Collected data:
■ ■ ■
ghost use Rattle.std.specs.Prelude.{◌≡◌};
ghost use Rattle.std.specs.List.{list_all};
ghost use Rattle.cs_history.specs.Step.{is_civil};
ghost use Rattle.cs_report.specs.ScriptText.{are_nameable_stamps, is_anacron_name, is_cron_name};
ghost use Rattle.cs_report.specs.ScriptText.{is_name, is_nameable, is_nameable_event};
ghost use Rattle.cs_report.specs.ScriptText.{is_nameable_stamp};

use crate::entry::FIRST_START;
use crate::words::is_word;
use cs_anacrontab::Job;
use cs_civil::{Day, Minute};
use cs_history::{Event, Script};
use cs_plan::{Plan, identifier_of};

#[tactic(auto, unfolding(crate::specs::ScriptText::is_name))]
fn is_name(text: &[u8]) -> bool
    ensures { result ≡ is_name text.now }
{
    is_word(text) && !text.contains(&b'\n')
}

pub(crate) fn is_cron(plan: &Plan, job: u16) -> bool
    ensures { result ≡ is_cron_name plan.now job }
{
    usize::from(job) < plan.crontab().lines().len()
}

#[tactic(auto, unfolding(crate::specs::ScriptText::is_anacron_name))]
fn is_anacron(plan: &Plan, job: u16) -> bool
    ensures { result ≡ is_anacron_name plan.now job }
{
    let crons = plan.crontab().lines().len();
    let number = usize::from(job);
    if number < crons || number - crons >= plan.anacrontab().lines().len() {
        return false;
    }
    is_name(identifier_of(plan, number))
}

fn is_civil(minute: u64) -> bool
    ensures { result ≡ is_civil minute }
{
    Minute::new(minute).is_some()
}

#[tactic(auto, unfolding(crate::specs::ScriptText::is_job_name))]
fn is_nameable_event(plan: &Plan, event: Event) -> bool
    ensures { result ≡ is_nameable_event plan.now event }
{
    match event {
        Event::Minute(at) | Event::Up(at) => is_civil(at),
        Event::Begin(job) => is_cron(plan, job),
        Event::Got(job, at) => is_cron(plan, job) && is_civil(at),
        Event::Catch(job) => is_anacron(plan, job),
        Event::End(run) => {
            (is_cron(plan, run.job) || is_anacron(plan, run.job)) && is_civil(run.at)
        }
        Event::Down => true,
    }
}

fn is_nameable_stamp(job: &Job, stamp: Option<Day>) -> bool
    ensures { result ≡ is_nameable_stamp job.now stamp }
{
    match stamp {
        Some(day) => day.number() >= 1 && is_name(job.identifier()),
        None => true,
    }
}

#[tactic(auto, unfolding(crate::specs::ScriptText::are_nameable_stamps))]
fn are_nameable_stamps(jobs: &[Job], stamps: &[Option<Day>]) -> bool
    ensures { result ≡ are_nameable_stamps jobs.now stamps.now }
{
    let mut jobs = jobs;
    let mut stamps = stamps;
    while let [job, more_jobs @ ..] = jobs {
        let [stamp, more_stamps @ ..] = stamps else {
            return false;
        };
        if !is_nameable_stamp(job, *stamp) {
            return false;
        }
        jobs = more_jobs;
        stamps = more_stamps;
    }
    stamps.is_empty()
}

fn are_nameable_events(plan: &Plan, events: &[Event]) -> bool
    ensures { result ≡ list_all (is_nameable_event plan.now) events.now }
{
    events.iter().all(|event| is_nameable_event(plan, *event))
}

/// Checks whether the script has a text: its start is from 1970-01-04 00:00 on and its other
/// minutes from 1970-01-02 00:00 to 9999-12-31 23:59, it has a place for a stamp of each job of the
/// anacrontab, and each event is of a job of its kind.
#[tactic(auto, unfolding(crate::specs::ScriptText::is_nameable))]
pub fn is_nameable(plan: &Plan, script: &Script) -> bool
    ensures { result ≡ is_nameable plan.now script.now }
{
    if script.start.now().number() < FIRST_START {
        return false;
    }
    if !are_nameable_stamps(plan.anacrontab().lines(), script.start.stamps()) {
        return false;
    }
    are_nameable_events(plan, script.events.as_slice())
}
■ ■ ■
Instructions for the task: The complete data is to be transcribed verbatim.

Written response:
ghost use Rattle.std.specs.Prelude.{◌≡◌};
ghost use Rattle.std.specs.List.{list_all};
ghost use Rattle.cs_history.specs.Step.{is_civil};
ghost use Rattle.cs_report.specs.ScriptText.{are_nameable_stamps, is_anacron_name, is_cron_name};
ghost use Rattle.cs_report.specs.ScriptText.{is_name, is_nameable, is_nameable_event};
ghost use Rattle.cs_report.specs.ScriptText.{is_nameable_stamp};

use crate::entry::FIRST_START;
use crate::words::is_word;
use cs_anacrontab::Job;
use cs_civil::{Day, Minute};
use cs_history::{Event, Script};
use cs_plan::{Plan, identifier_of};

#[tactic(auto, unfolding(crate::specs::ScriptText::is_name))]
fn is_name(text: &[u8]) -> bool
    ensures { result ≡ is_name text.now }
{
    is_word(text) && !text.contains(&b'\n')
}

pub(crate) fn is_cron(plan: &Plan, job: u16) -> bool
    ensures { result ≡ is_cron_name plan.now job }
{
    usize::from(job) < plan.crontab().lines().len()
}

#[tactic(auto, unfolding(crate::specs::ScriptText::is_anacron_name))]
fn is_anacron(plan: &Plan, job: u16) -> bool
    ensures { result ≡ is_anacron_name plan.now job }
{
    let crons = plan.crontab().lines().len();
    let number = usize::from(job);
    if number < crons || number - crons >= plan.anacrontab().lines().len() {
        return false;
    }
    is_name(identifier_of(plan, number))
}

fn is_civil(minute: u64) -> bool
    ensures { result ≡ is_civil minute }
{
    Minute::new(minute).is_some()
}

#[tactic(auto, unfolding(crate::specs::ScriptText::is_job_name))]
fn is_nameable_event(plan: &Plan, event: Event) -> bool
    ensures { result ≡ is_nameable_event plan.now event }
{
    match event {
        Event::Minute(at) | Event::Up(at) => is_civil(at),
        Event::Begin(job) => is_cron(plan, job),
        Event::Got(job, at) => is_cron(plan, job) && is_civil(at),
        Event::Catch(job) => is_anacron(plan, job),
        Event::End(run) => {
            (is_cron(plan, run.job) || is_anacron(plan, run.job)) && is_civil(run.at)
        }
        Event::Down => true,
    }
}

fn is_nameable_stamp(job: &Job, stamp: Option<Day>) -> bool
    ensures { result ≡ is_nameable_stamp job.now stamp }
{
    match stamp {
        Some(day) => day.number() >= 1 && is_name(job.identifier()),
        None => true,
    }
}

#[tactic(auto, unfolding(crate::specs::ScriptText::are_nameable_stamps))]
fn are_nameable_stamps(jobs: &[Job], stamps: &[Option<Day>]) -> bool
    ensures { result ≡ are_nameable_stamps jobs.now stamps.now }
{
    let mut jobs = jobs;
    let mut stamps = stamps;
    while let [job, more_jobs @ ..] = jobs {
        let [stamp, more_stamps @ ..] = stamps else {
            return false;
        };
        if !is_nameable_stamp(job, *stamp) {
            return false;
        }
        jobs = more_jobs;
        stamps = more_stamps;
    }
    stamps.is_empty()
}

fn are_nameable_events(plan: &Plan, events: &[Event]) -> bool
    ensures { result ≡ list_all (is_nameable_event plan.now) events.now }
{
    events.iter().all(|event| is_nameable_event(plan, *event))
}

/// Checks whether the script has a text: its start is from 1970-01-04 00:00 on and its other
/// minutes from 1970-01-02 00:00 to 9999-12-31 23:59, it has a place for a stamp of each job of the
/// anacrontab, and each event is of a job of its kind.
#[tactic(auto, unfolding(crate::specs::ScriptText::is_nameable))]
pub fn is_nameable(plan: &Plan, script: &Script) -> bool
    ensures { result ≡ is_nameable plan.now script.now }
{
    if script.start.now().number() < FIRST_START {
        return false;
    }
    if !are_nameable_stamps(plan.anacrontab().lines(), script.start.stamps()) {
        return false;
    }
    are_nameable_events(plan, script.events.as_slice())
}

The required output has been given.